Starting at the line that contains "for the mark." in the listing below, write out every line word for word until you have written the line that contains "let (given, form)".
____________________
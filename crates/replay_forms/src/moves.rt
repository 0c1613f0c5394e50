// Lines of the two moves and of an exchange: the lengths of form and factor, n, the stride if it is given,
// the numbers that the call takes, form and factor; the numbers of its answer, form and factor as they
// are expected.
ghost use Rattle.std.specs.Prelude.{◌≡◌, ◌≤◌};
ghost use Rattle.replay_text.specs.Shown.{judged_read};
ghost use Rattle.replay_forms.specs.Lines as Lines;
ghost use Rattle.replay_forms.specs.Lines.{more};

use crate::buffers::{ROOM, numbers};
use crate::head::Stride;
use replay_text::float::are_words;
use replay_text::outcome::{Outcome, judge_read};

// A call on a form and a factor, which takes G numbers beside n and the stride, and answers N.
trait OnTwo<const G: usize, const N: usize> {
    ghost gives: { Lines.Call };

    // Turned away, it answers the refusal's number and 0 for each other.
    fn call(n: usize, ld: usize, given: &[u64; G], t: &mut [f64], u: &mut [f64]) -> [u64; N]
        ensures { (record { numbers = result; form = t.new; factor = u.new }) ≡ gives ld n given.now t.old u.old };
}

// from to; answer landed swaps declined.
struct Move;

impl OnTwo<2, 4> for Move {
    ghost gives = { Lines.move };

    fn call(n: usize, ld: usize, &[from, to]: &[u64; 2], t: &mut [f64], u: &mut [f64]) -> [u64; 4] {
        match schur::reorder::reorder_schur(n, ld, t, u, from as usize, to as usize) {
            Ok(r) => [0, r.landed as u64, r.swaps as u64, r.declined as u64],
            Err(refusal) => [usize::from(refusal) as u64, 0, 0, 0],
        }
    }
}

// from to; answer stopped here swaps declined, with 1 for the mark.
struct StoppingMove;

impl OnTwo<2, 5> for StoppingMove {
    ghost gives = { Lines.stopping };

    fn call(n: usize, ld: usize, &[from, to]: &[u64; 2], t: &mut [f64], u: &mut [f64]) -> [u64; 5] {
        match stopping::reorder::reorder_schur_stopping(n, ld, t, u, from as usize, to as usize) {
            Ok(r) => {
                let stopped = u64::from(r.stopped);
                [0, stopped, r.here as u64, r.swaps as u64, r.declined as u64]
            }
            Err(refusal) => [usize::from(refusal) as u64, 0, 0, 0, 0],
        }
    }
}

// j0 n1 n2; answer swaps declined.
struct Exchange;

impl OnTwo<3, 3> for Exchange {
    ghost gives = { Lines.exchange };

    fn call(
        n: usize,
        ld: usize,
        &[j0, n1, n2]: &[u64; 3],
        t: &mut [f64],
        u: &mut [f64],
    ) -> [u64; 3] {
        match schur::swap::schur_swap(n, ld, t, u, j0 as usize, n1 as usize, n2 as usize) {
            Ok(r) => [0, r.swaps as u64, r.declined as u64],
            Err(refusal) => [usize::from(refusal) as u64, 0, 0],
        }
    }
}

// A line of such a call, read part by part: whether the call gives what is expected, or none if this is
// no line of it.
#[tactic(auto, unfolding(crate::specs::Lines::fits))]
fn on_two<const G: usize, const N: usize, C: OnTwo<G, N>>(stride: Stride, w: &[u64]) -> Option<bool>
    requires { (G ≤ 8) × (N ≤ 8) }
    ensures { judged_read result ≡ Lines.on_two C.gives G N (more stride) w.now }
{
    let (&[a, b], shape) = w.split_first_chunk::<2>()?;
    let head = stride.head(shape)?;
    let (given, form) = head.rest.split_first_chunk::<G>()?;
    let (form, factor) = form.split_at_checked(a as usize)?;
    let (factor, told) = factor.split_at_checked(b as usize)?;
    let (told, form_after) = told.split_first_chunk::<N>()?;
    let (form_after, factor_after) = form_after.split_at_checked(a as usize)?;
    if factor_after.len() as u64 != b {
        return None;
    }
    let mut t = [0.0; ROOM];
    let mut u = [0.0; ROOM];
    let t = numbers(&mut t, form)?;
    let u = numbers(&mut u, factor)?;
    let answered = C::call(head.n, head.ld, given, &mut *t, &mut *u);
    let same = answered == *told;
    let form = are_words(&*t, form_after);
    let factor = are_words(&*u, factor_after);
    Some(same & form & factor)
}

pub fn reorder_schur(stride: Stride, w: &[u64]) -> Outcome
    ensures { result ≡ Lines.reorder_schur (more stride) w.now }
{
    judge_read(on_two::<2, 4, Move>(stride, w))
}

pub fn reorder_schur_stopping(stride: Stride, w: &[u64]) -> Outcome
    ensures { result ≡ Lines.reorder_schur_stopping (more stride) w.now }
{
    judge_read(on_two::<2, 5, StoppingMove>(stride, w))
}

pub fn schur_swap(stride: Stride, w: &[u64]) -> Outcome
    ensures { result ≡ Lines.schur_swap (more stride) w.now }
{
    judge_read(on_two::<3, 3, Exchange>(stride, w))
}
____________________
▶ Task output:
// from to; answer stopped here swaps declined, with 1 for the mark.
struct StoppingMove;

impl OnTwo<2, 5> for StoppingMove {
    ghost gives = { Lines.stopping };

    fn call(n: usize, ld: usize, &[from, to]: &[u64; 2], t: &mut [f64], u: &mut [f64]) -> [u64; 5] {
        match stopping::reorder::reorder_schur_stopping(n, ld, t, u, from as usize, to as usize) {
            Ok(r) => {
                let stopped = u64::from(r.stopped);
                [0, stopped, r.here as u64, r.swaps as u64, r.declined as u64]
            }
            Err(refusal) => [usize::from(refusal) as u64, 0, 0, 0, 0],
        }
    }
}

// j0 n1 n2; answer swaps declined.
struct Exchange;

impl OnTwo<3, 3> for Exchange {
    ghost gives = { Lines.exchange };

    fn call(
        n: usize,
        ld: usize,
        &[j0, n1, n2]: &[u64; 3],
        t: &mut [f64],
        u: &mut [f64],
    ) -> [u64; 3] {
        match schur::swap::schur_swap(n, ld, t, u, j0 as usize, n1 as usize, n2 as usize) {
            Ok(r) => [0, r.swaps as u64, r.declined as u64],
            Err(refusal) => [usize::from(refusal) as u64, 0, 0],
        }
    }
}

// A line of such a call, read part by part: whether the call gives what is expected, or none if this is
// no line of it.
#[tactic(auto, unfolding(crate::specs::Lines::fits))]
fn on_two<const G: usize, const N: usize, C: OnTwo<G, N>>(stride: Stride, w: &[u64]) -> Option<bool>
    requires { (G ≤ 8) × (N ≤ 8) }
    ensures { judged_read result ≡ Lines.on_two C.gives G N (more stride) w.now }
{
    let (&[a, b], shape) = w.split_first_chunk::<2>()?;
    let head = stride.head(shape)?;
    let (given, form) = head.rest.split_first_chunk::<G>()?;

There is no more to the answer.